[[ DATA SUPPLIED, beginning ]]

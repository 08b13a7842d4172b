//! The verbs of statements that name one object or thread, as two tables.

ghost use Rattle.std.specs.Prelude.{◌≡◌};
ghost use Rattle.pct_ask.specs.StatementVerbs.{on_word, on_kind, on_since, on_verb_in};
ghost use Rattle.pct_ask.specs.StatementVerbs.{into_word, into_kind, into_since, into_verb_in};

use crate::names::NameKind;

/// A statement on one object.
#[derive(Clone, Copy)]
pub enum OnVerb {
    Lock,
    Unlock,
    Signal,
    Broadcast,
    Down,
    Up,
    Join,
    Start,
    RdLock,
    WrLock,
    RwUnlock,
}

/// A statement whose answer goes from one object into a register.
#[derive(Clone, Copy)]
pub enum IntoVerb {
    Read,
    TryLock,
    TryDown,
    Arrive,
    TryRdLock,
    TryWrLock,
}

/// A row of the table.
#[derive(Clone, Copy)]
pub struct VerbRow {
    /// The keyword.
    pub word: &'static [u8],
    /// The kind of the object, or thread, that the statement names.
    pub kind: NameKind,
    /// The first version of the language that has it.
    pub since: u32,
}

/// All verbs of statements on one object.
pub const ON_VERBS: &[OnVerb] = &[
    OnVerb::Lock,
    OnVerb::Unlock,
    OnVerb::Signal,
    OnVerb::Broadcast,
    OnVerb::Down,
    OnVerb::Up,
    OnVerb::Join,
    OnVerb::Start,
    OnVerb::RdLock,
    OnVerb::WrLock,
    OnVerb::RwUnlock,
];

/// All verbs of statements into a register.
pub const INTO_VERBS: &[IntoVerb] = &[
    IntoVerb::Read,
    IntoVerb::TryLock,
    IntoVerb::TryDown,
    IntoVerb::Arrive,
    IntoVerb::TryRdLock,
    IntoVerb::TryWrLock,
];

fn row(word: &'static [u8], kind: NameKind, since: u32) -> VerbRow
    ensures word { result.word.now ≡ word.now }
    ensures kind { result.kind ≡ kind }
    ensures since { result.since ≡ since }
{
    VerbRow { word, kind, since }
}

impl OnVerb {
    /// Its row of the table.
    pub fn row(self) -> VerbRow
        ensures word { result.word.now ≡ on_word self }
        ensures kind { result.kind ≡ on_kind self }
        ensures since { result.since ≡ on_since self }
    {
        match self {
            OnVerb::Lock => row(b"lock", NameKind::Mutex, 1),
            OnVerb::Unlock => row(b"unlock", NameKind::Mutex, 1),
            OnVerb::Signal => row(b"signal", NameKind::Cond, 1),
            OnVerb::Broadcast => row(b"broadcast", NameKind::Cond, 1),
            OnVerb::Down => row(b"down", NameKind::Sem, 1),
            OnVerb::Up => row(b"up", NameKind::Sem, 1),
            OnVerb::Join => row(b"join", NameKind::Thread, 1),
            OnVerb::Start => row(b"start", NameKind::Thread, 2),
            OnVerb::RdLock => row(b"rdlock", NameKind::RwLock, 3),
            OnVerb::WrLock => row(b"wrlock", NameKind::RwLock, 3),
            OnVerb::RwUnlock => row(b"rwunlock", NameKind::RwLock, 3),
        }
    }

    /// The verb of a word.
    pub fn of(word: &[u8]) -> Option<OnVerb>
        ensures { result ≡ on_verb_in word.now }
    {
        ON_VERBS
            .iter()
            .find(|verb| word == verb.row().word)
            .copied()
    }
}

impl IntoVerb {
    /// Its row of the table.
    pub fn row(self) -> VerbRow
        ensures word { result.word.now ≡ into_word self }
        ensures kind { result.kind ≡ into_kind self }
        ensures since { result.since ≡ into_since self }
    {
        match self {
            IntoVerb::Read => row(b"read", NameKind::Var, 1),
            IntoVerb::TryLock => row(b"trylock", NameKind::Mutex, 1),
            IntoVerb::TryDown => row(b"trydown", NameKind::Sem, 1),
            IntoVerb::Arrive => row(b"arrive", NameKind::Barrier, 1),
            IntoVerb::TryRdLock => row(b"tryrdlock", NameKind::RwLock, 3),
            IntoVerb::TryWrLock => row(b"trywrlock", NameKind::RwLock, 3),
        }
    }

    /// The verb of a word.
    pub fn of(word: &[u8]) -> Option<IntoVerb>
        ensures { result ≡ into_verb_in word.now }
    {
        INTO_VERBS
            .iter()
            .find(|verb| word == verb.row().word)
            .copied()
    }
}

[[ DATA SUPPLIED, end ]]

• **WORK TO COMPLETE**:
How many lines of the entries above include the word "statements"? Answer with the number only.

• **TASK RESULT**:
3